_THE PROBLEM_: When the string "named" is part of a line below, that line should be copied.

_RECORD EXTRACTS_:
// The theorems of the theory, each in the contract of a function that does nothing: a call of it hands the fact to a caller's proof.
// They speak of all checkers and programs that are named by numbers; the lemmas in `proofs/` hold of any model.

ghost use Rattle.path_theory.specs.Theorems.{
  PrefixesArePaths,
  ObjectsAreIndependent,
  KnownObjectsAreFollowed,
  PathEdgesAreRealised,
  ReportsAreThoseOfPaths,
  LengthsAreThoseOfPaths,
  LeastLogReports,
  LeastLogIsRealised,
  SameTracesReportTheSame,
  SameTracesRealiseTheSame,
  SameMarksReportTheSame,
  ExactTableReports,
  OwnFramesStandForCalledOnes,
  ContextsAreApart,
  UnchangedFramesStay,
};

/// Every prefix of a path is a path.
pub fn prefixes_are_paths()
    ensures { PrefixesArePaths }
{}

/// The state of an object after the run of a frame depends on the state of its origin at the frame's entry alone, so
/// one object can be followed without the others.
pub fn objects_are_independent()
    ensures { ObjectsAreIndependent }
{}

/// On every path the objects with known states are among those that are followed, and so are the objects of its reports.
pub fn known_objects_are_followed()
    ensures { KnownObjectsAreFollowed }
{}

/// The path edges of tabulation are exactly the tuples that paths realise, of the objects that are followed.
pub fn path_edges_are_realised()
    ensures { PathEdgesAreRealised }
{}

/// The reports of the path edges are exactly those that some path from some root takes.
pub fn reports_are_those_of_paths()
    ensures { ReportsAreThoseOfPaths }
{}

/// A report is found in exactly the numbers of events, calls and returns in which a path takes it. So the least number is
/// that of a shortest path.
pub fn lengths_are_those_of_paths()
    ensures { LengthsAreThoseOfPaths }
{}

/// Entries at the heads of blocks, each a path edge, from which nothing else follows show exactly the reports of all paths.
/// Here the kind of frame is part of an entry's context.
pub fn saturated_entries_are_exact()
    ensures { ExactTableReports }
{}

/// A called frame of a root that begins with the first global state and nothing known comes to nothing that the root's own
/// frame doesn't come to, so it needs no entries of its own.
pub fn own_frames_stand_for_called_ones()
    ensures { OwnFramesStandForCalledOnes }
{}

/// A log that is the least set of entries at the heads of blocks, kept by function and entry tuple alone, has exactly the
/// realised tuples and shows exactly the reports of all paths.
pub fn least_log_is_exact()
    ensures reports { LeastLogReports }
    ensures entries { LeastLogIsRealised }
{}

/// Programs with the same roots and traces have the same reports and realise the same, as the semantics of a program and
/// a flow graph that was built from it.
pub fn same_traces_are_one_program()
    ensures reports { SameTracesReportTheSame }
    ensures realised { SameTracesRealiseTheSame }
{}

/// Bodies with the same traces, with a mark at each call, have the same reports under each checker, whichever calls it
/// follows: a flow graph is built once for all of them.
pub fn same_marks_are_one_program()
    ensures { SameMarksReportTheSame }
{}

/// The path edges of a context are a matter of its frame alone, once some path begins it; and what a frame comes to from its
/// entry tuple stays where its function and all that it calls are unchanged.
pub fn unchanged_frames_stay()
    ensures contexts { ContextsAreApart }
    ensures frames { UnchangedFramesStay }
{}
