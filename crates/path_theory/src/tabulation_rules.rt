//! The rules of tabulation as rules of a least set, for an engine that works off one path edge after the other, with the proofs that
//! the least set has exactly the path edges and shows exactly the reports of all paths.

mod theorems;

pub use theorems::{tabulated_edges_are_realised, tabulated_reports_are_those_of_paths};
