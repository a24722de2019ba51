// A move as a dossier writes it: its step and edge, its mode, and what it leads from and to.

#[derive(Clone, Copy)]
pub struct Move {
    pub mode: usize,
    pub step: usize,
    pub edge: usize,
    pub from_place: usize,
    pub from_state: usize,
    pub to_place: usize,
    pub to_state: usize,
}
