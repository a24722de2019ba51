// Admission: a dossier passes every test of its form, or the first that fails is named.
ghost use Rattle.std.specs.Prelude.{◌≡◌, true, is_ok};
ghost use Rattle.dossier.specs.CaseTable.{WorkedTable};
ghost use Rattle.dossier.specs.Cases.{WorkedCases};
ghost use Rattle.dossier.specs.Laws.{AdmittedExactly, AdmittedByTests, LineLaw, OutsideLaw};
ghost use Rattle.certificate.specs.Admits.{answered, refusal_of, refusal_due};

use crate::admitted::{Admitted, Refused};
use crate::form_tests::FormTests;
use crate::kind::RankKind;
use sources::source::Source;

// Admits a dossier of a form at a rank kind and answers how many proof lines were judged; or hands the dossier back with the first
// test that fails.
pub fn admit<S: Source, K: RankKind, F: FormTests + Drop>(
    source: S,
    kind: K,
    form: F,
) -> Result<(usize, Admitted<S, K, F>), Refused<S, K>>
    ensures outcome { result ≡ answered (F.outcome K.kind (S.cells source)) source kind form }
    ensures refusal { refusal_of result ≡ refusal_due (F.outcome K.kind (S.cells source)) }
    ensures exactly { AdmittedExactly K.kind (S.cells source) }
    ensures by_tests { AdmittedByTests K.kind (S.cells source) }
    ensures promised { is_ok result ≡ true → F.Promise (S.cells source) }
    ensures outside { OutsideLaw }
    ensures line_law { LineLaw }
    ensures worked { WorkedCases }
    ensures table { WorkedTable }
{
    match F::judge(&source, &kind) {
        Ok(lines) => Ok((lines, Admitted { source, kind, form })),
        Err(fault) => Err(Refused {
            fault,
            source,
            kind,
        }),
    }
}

_EXERCISE ANSWER_:
// They speak of all checkers and programs that are named by numbers; the lemmas in `proofs/` hold of any model.
// Admission: a dossier passes every test of its form, or the first that fails is named.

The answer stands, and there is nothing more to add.